Sheriff Appeal Court allows appeal against refusal to recall simple procedure decision

Sheriff Appeal Court allows appeal against refusal to recall simple procedure decision

A Sheriff Principal has ruled that it is possible to appeal against a refusal to grant an application for recall in simple procedure actions after the issue was raised in an action by a couple against a plasterer for allegedly defective work.

Appellant David Bell argued that the sheriff had erred in law in determining that he had no right to an appeal. Respondents Stephen and Helen Farmer opposed the appeal on the basis that they had been entitled to seek a decision of the sheriff when no response was lodged to the application within the time limit.

The appeal was heard by Sheriff Principal Aisha Anwar in the Sheriff Appeal Court. The appellant was represented by Buttery, solicitor, and the respondents appeared as party litigants.

No express provision

The respondents had raised a simple procedure action seeking payment of £4,338 from the appellant. He did not lodge a Response Form to the claim within the time limit, allowing the respondents to apply for a decision in terms of Simple Procedure Rule 7.4(2). The appellant sought recall of this decision, explaining that he had instructed solicitors to act on his behalf but owing to an administrative oversight they failed to lodge the form timeously.

At a hearing concerning the application for recall the sheriff, dissatisfied with the information provided about the administrative error, refused the application. In a report prepared for the Sheriff Appeal Court, the sheriff explained that he formed the view that the refusal of an application to recall was not a “decision” in terms of the SPR as would allow for an appeal to be competent. He further explained that Part 13 of the SPR contained an exhaustive account of the decision-making powers of the sheriff, which did not include a refusal of an application to recall.

On behalf of the appellant it was submitted that, while there was no express provision relating to such an appeal, the sheriff had erred in law. It was reasoned that, since a sheriff made a decision in terms of allowing a recall, a refusal to do so must also be a “decision”. The oversight by his solicitors ought to have permitted relief from compliance with the SPR in the circumstances.

It was further submitted that the sheriff had failed to specify the principles he applied to his decision to refuse the application to recall or why he considered the explanation provided to have been unsatisfactory and failed to apply the principle of simple procedure to treat the parties even-handedly. The respondents agreed with the sheriff’s conclusion on the question of competency and invited the Sheriff Principal to refuse the appeal.

Not intended to exclude

In her decision, Sheriff Principal Anwar observed: “Simple procedure replaced small claims and most summary cause actions in the sheriff courts. In both small claim and summary cause procedure, the sheriff was obliged to recall the decree, upon the first such application by a party; a right of appeal was unnecessary and the circumstances in the present case would not arise.
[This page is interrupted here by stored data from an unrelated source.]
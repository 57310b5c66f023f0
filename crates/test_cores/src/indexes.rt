//! The four indexes of a history, as the plain program has them and as a core has them.
use anyhow::{Result, bail};
use fb_db::Db;
use fb_memory::Memory;
use fb_numbers::{CARDINALITY, IDENT};
use fb_preds::Selector;
use fb_scan::{Bounds, first, index_range, next_attribute, seek};
use fb_values::{Datom, Entry, Order, Probe, Value};
use fb_view::Snapshot;
use plain_reads::{Range, Window, scan};
use std::alloc::Global;

const ORDERS: &[Order] = &[Order::Eavt, Order::Aevt, Order::Avet, Order::Vaet];

/// The attribute of a number that gains an index and loses it.
const AGE: u64 = 17_592_186_044_417;

/// All that the indexes hold, also what was retracted; and which entities have an age of 5.
#[derive(Drop)]
pub(crate) struct Indexes {
    lists: Vec<Vec<Datom>>,
    aged_five: Vec<Datom>,
}

impl Indexes {
    /// By the definitions.
    pub(crate) fn of(alloc: Global, entries: &[Entry]) -> Result<Indexes> {
        Ok(Indexes {
            aged_five: aged_five(alloc, entries)?,
            lists: whole_lists(alloc, entries)?,
        })
    }

    /// The snapshot has to have the same.
    pub(crate) fn check(&self, alloc: Global, snapshot: &Snapshot) -> Result<()> {
        self.check_lists(alloc, snapshot)?;
        self.check_aged_five(alloc, snapshot)
    }

    fn check_lists(&self, alloc: Global, snapshot: &Snapshot) -> Result<()> {
        let mut all = Db::of(snapshot.share()?, Everything);
        all.with_history();
        self.check_reads(alloc, &all)
    }

    fn check_reads(&self, alloc: Global, all: &Db<Everything>) -> Result<()> {
        for (order, list) in ORDERS.iter().zip(self.lists.iter()) {
            check_seek(alloc, all, *order, list)?;
            check_first(alloc, all, *order, list)?;
        }
        if next_attribute(all, IDENT, CARDINALITY) != Some(CARDINALITY) {
            bail!("an entity has another next attribute than in the first entry");
        }
        Ok(())
    }

    fn check_aged_five(&self, alloc: Global, snapshot: &Snapshot) -> Result<()> {
        let now = Db::of(snapshot.share()?, Everything);
        check_range(alloc, &now, &self.aged_five)
    }
}

fn whole_lists(alloc: Global, entries: &[Entry]) -> Result<Vec<Vec<Datom>>> {
    let mut lists = Vec::new(alloc);
    for order in ORDERS {
        lists.push(whole_list(alloc, entries, *order)?)?;
    }
    Ok(lists)
}

fn whole_list(alloc: Global, entries: &[Entry], order: Order) -> Result<Vec<Datom>, Memory> {
    let all = Range::NotBelow(from_the_first(order));
    scan(alloc, entries, whole(true), order, &all)
}

fn aged_five(alloc: Global, entries: &[Entry]) -> Result<Vec<Datom>, Memory> {
    let five = Range::Between(AGE, Some(Value::Long(5)), Some(Value::Long(6)));
    scan(alloc, entries, whole(false), Order::Avet, &five)
}

/// The filter that selects every datom.
#[derive(Drop)]
struct Everything;

impl Selector for Everything {
    ghost use Rattle.std.specs.Prelude.{⊤};

    ghost selects = { λ _ d. ⊤ };

    fn test(&self, _d: &Datom) -> bool {
        true
    }
}

fn check_seek(alloc: Global, all: &Db<Everything>, order: Order, list: &[Datom]) -> Result<()> {
    let own = seek(alloc, all, &from_the_first(order))?;
    check_same(own.as_slice(), list)
}

fn check_first(alloc: Global, all: &Db<Everything>, order: Order, list: &[Datom]) -> Result<()> {
    let few = first(alloc, all, &from_the_first(order), 3)?;
    check_same(few.as_slice(), &list[..list.len().min(3)])
}

fn check_range(alloc: Global, now: &Db<Everything>, aged_five: &[Datom]) -> Result<()> {
    let bounds = Bounds {
        start: Some(Value::Long(5)),
        end: Some(Value::Long(6)),
    };
    let own = index_range(alloc, now, AGE, bounds)?;
    check_same(own.as_slice(), aged_five)
}

/// Leads to all that the order has.
fn from_the_first(order: Order) -> Probe {
    Probe {
        order,
        e: None,
        a: None,
        v: None,
        t: None,
    }
}

/// All transactions.
fn whole(history: bool) -> Window {
    Window {
        from: 0,
        to: u64::MAX,
        history,
    }
}

fn check_same(own: &[Datom], wanted: &[Datom]) -> Result<()> {
    if !are_same(own, wanted) {
        bail!("an index is otherwise than the plain program has it");
    }
    Ok(())
}

fn are_same(own: &[Datom], other: &[Datom]) -> bool {
    own.len() == other.len() && own.iter().zip(other).all(|(x, y)| is_same(x, y))
}

fn is_same(x: &Datom, y: &Datom) -> bool {
    x.e == y.e && x.a == y.a && x.v == y.v && x.t == y.t && x.added == y.added
}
No doubt, the intention behind these rules was to prevent unnecessary appeals and the resultant delay and expense to litigants.”

She continued: “There is no such mandatory provision obliging the sheriff to recall a decree (or decision) in simple procedure, instead whether to allow recall is a matter for the sheriff in the exercise of his discretion. In my judgment, in the exercise of that discretion, the sheriff is clearly making a ‘decision’ as that term is properly understood in terms of the Courts Reform (Scotland) Act 2014 and the SPR.”
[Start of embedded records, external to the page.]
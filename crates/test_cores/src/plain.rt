//! What the plain program makes of the transactions.
use crate::indexes::Indexes;
use crate::rows::Row;
use crate::run::CLOCK;
use anyhow::{Result, bail};
use fb_history::EntryList;
use fb_values::Entry;
use plain_step::{Decision, NoGuard, step};
use std::alloc::Global;

/// The indexes of the new database, and those after each of the transactions.
pub(crate) fn indexes_after(alloc: Global, rows: &[Row]) -> Result<Vec<Indexes>> {
    let mut entries = new_history(alloc)?;
    indexes_along(alloc, &mut entries, rows)
}

/// The history that has only the built-in schema.
fn new_history(alloc: Global) -> Result<Vec<Entry>> {
    let first = EntryList::first(alloc)?;
    let mut entries = Vec::new(alloc);
    entries.push(first.at(0).copy()?)?;
    Ok(entries)
}

fn indexes_along(alloc: Global, entries: &mut Vec<Entry>, rows: &[Row]) -> Result<Vec<Indexes>> {
    let mut after = Vec::new(alloc);
    add_indexes(alloc, &mut after, entries)?;
    for row in rows {
        transact(alloc, entries, row)?;
        add_indexes(alloc, &mut after, entries)?;
    }
    Ok(after)
}

fn add_indexes(alloc: Global, after: &mut Vec<Indexes>, entries: &[Entry]) -> Result<()> {
    after.push(Indexes::of(alloc, entries)?)?;
    Ok(())
}

/// The history grows by the transaction where that is accepted.
fn transact(alloc: Global, entries: &mut Vec<Entry>, row: &Row) -> Result<()> {
    let decision = step(alloc, entries, &row.data, CLOCK, &NoGuard)?;
    if !is_as_in(row, &decision) {
        bail!("the plain program decides otherwise than the table");
    }
    record(entries, decision)
}

fn record(entries: &mut Vec<Entry>, decision: Decision) -> Result<()> {
    match decision {
        Decision::Refused(_refusal) => Ok(()),
        Decision::Accepted(entry, _tempids) => Ok(entries.push(entry)?),
    }
}

fn is_as_in(row: &Row, decision: &Decision) -> bool {
    match decision {
        Decision::Refused(refusal) => row.is_refused_by(*refusal),
        Decision::Accepted(_, _) => row.is_accepted(),
    }
}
Explaining her reasoning further, Sheriff Principal Anwar said: “The sheriff referred to the definition of ‘decision’ in Paragraph 3 of the Act of Sederunt (Simple Procedure) 2016. That provision defines particular types of decision (for example ‘a decision which absolves the respondent’). It does not assist. The sheriff’s description of Part 13 of the Rules as containing an ‘exhaustive account’ of the decision-making powers of the sheriff is incorrect.”

She went on to say: “I am not persuaded, in the absence of an express provision, that Parliament intended to exclude a right of review against a decision to refuse recall, nor that a right of review has been excluded by a clear or necessary implication of the provisions of the 2014 Act or the SPR.”

The Sheriff Principal continued: “I accept that this conclusion may sit uncomfortably with the definition of a ‘final judgment’ contained in section 110 of the 2014 Act. However, section 110(1)(a) applies to final judgments in ‘civil proceedings’, whereas section 82(1) applies to ‘final judgments in simple procedure cases’. The appeal provisions relating to simple procedure must be understood and applied having regard to the provisions of the SPR.”

The appeal was therefore allowed, with the application for recall granted and remitted to the sheriff to proceed as accords.